I'm no authority but I'll tell you want I've learned from asking similar questions. If there is any reference to the destruction of a Korean art, it would have been due to the Japanese occupation when practicing such were outlawed. Even then, I'm not sure there is any proof of that except for heresay from the practitioners of those arts. Whether those arts actually ceased to exist or just lay dormant during that time, I don't know. I would imagine some of both. If there was no one left to carry on a particular art, then it would cease to exist. If there was, I'm sure it would have emerged on the other side. Some say this is the case of Taekyon, while other say Taekyon wasn't even really an art but a sport. I'm sure there are many arts still practiced in Korea that we just don't know about because their following has remained local.


----------



## Sam (Jan 28, 2006)

No offense, but why did you offer to do it if you do not already know all your facts?


----------



## CuongNhuka (Jan 28, 2006)

Thanks, not quite what I was hopeing for. And Sam, I do know alot of the storys, but I just want to make sure I got everything in order, and have my facts straight. I have a freind that does Tang Soo Do, and her instructer would probably beat me up if I mixed anything up and it got to him. Well he probably wouldn't actuly beat me up, but he'd give me a massive chewing out.

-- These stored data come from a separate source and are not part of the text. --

//! The schema of the desk's database, and when a database stores rows.
//!
//! Callers may rest on this: outside of a transaction `create`, on an empty database, makes a
//! desk's tables in one transaction or does nothing, and stays outside of one. `is_desk` and
//! `is_empty` say exactly whether a schema is a desk's, in one of the three layouts of its trees,
//! or none. `reopen` keeps the database; the rows of a desk's are then known to stand in the order
//! of their rowids. All this if the connection is usable then: its disk did not fail.
//!
//! In use (canary_tables, src/create.rt):
//!
//!     match create::create(&mut conn) {
//!         Ok(()) => Ok(TableBook {
//!             alloc,
//!             conn,
//!             notes: Notes::none(),
//!             cache: Cache::new(alloc, DEFAULT_ROOM),
//!         }),
//!         Err(fault) => Err((fault.into(), conn)),
//!     }
#![tactic(auto)]

mod columns;
pub mod create;
pub mod fault;
pub mod first;
pub mod laws;
pub mod numbers;
mod parts;
pub mod recognize;
pub mod remake;
pub mod reopen;
mod tables;
mod whole;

Sweet Brighit Bless your Blade,

John (still hopeing for guidence)


----------



## bluemtn (Jan 28, 2006)

Good luck on your project, and I wish you luck.  At least you know some of the history, but it might be a little sticky trying to get it all together.  I know when I was looking at the different arts, I heard two different stories of the same subject.  It can get confusing.


----------



## CuongNhuka (Jan 28, 2006)

tkdgirl said:
			
		

> Good luck on your project, and I wish you luck. At least you know some of the history, but it might be a little sticky trying to get it all together. I know when I was looking at the different arts, I heard two different stories of the same subject. It can get confusing.


 
Thanks, I think I've heard 6 stories. I'm welling to bet there are more then that. There are 14 Tae Kwon Do/Tang Soo Do schools and I'm welling to bet they each have there own version of the history. So I'm really just looking for some generally accepted vartion, or truely beleiveable one. Anyways.

Sweet Brighit Bless your Blade,

John


----------



## Last Fearner (Feb 2, 2006)

I hope my post here hasn't missed your deadline for this project, but I'll give you my input.

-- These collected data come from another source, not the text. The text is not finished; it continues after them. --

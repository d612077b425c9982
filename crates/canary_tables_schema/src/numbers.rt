//! Under which numbers the trees of a desk stand.
ghost use Rattle.std.specs.Prelude.{◌≡◌};
ghost use Rattle.canary_tables_schema.specs.Layout.{dense, gapped};

/// The numbers of the trees of a desk's tables and of the first index that is the desk's own. Those
/// of `meta`, `caller` and `kept` are 0, 1 and 3; the index of a key is one above its table.
#[derive(Clone, Copy)]
pub struct Numbers {
    pub service: u32,
    pub run: u32,
    pub measurement: u32,
    pub sequence: u32,
    pub history: u32,
    pub revision: u32,
    pub binding: u32,
    pub tally: u32,
    pub indexes: u32,
    /// Whether the column `place` is declared NOT NULL.
    pub is_placed: bool,
}

// No number is left out.
pub(crate) fn dense(is_placed: bool) -> Numbers
    ensures { result ≡ dense is_placed }
{
    Numbers {
        service: 5,
        run: 7,
        measurement: 9,
        sequence: 11,
        history: 12,
        revision: 13,
        binding: 15,
        tally: 17,
        indexes: 19,
        is_placed,
    }
}

// Those of tables that went are left out.
pub(crate) fn gapped() -> Numbers
    ensures { result ≡ gapped }
{
    Numbers {
        service: 7,
        run: 9,
        measurement: 13,
        sequence: 15,
        history: 16,
        revision: 17,
        binding: 19,
        tally: 21,
        indexes: 23,
        is_placed: false,
    }
}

My advice would lean more toward the side of proper reporting, and speech writing than facts about Martial Art history. I have had training in both, and I will suggest, for the forum that you are presenting this material, you need only do a good job, and not sort out all of the controversy over history. Talk more about the struggles of the country, and the general concept of Martial Art as a method of self defense, and the role it has played in the survival of Korea. Side-notes on the debate over "Taekwondo" and its controversial origins would suffice in my opinion (unless you *really* want to do your research!!!).

You have taken the first step by going to a "source" that you consider useful: "Martial Talk." However, your teacher might ask how "reliable" your source is. I could tell you one story, and someone else might tell you something different. You really don't know who we are, or if we know what we are talking about. You could get several opinions, but then you would be left with sorting them out, and researching other sources to back it up. Your request for some sites to go to is more useful, but much of what you read must be presented in your speech as speculation, opinions, personal accounts, or belief of the author, and not necessarily stated as fact (even if the author thinks it is a fact).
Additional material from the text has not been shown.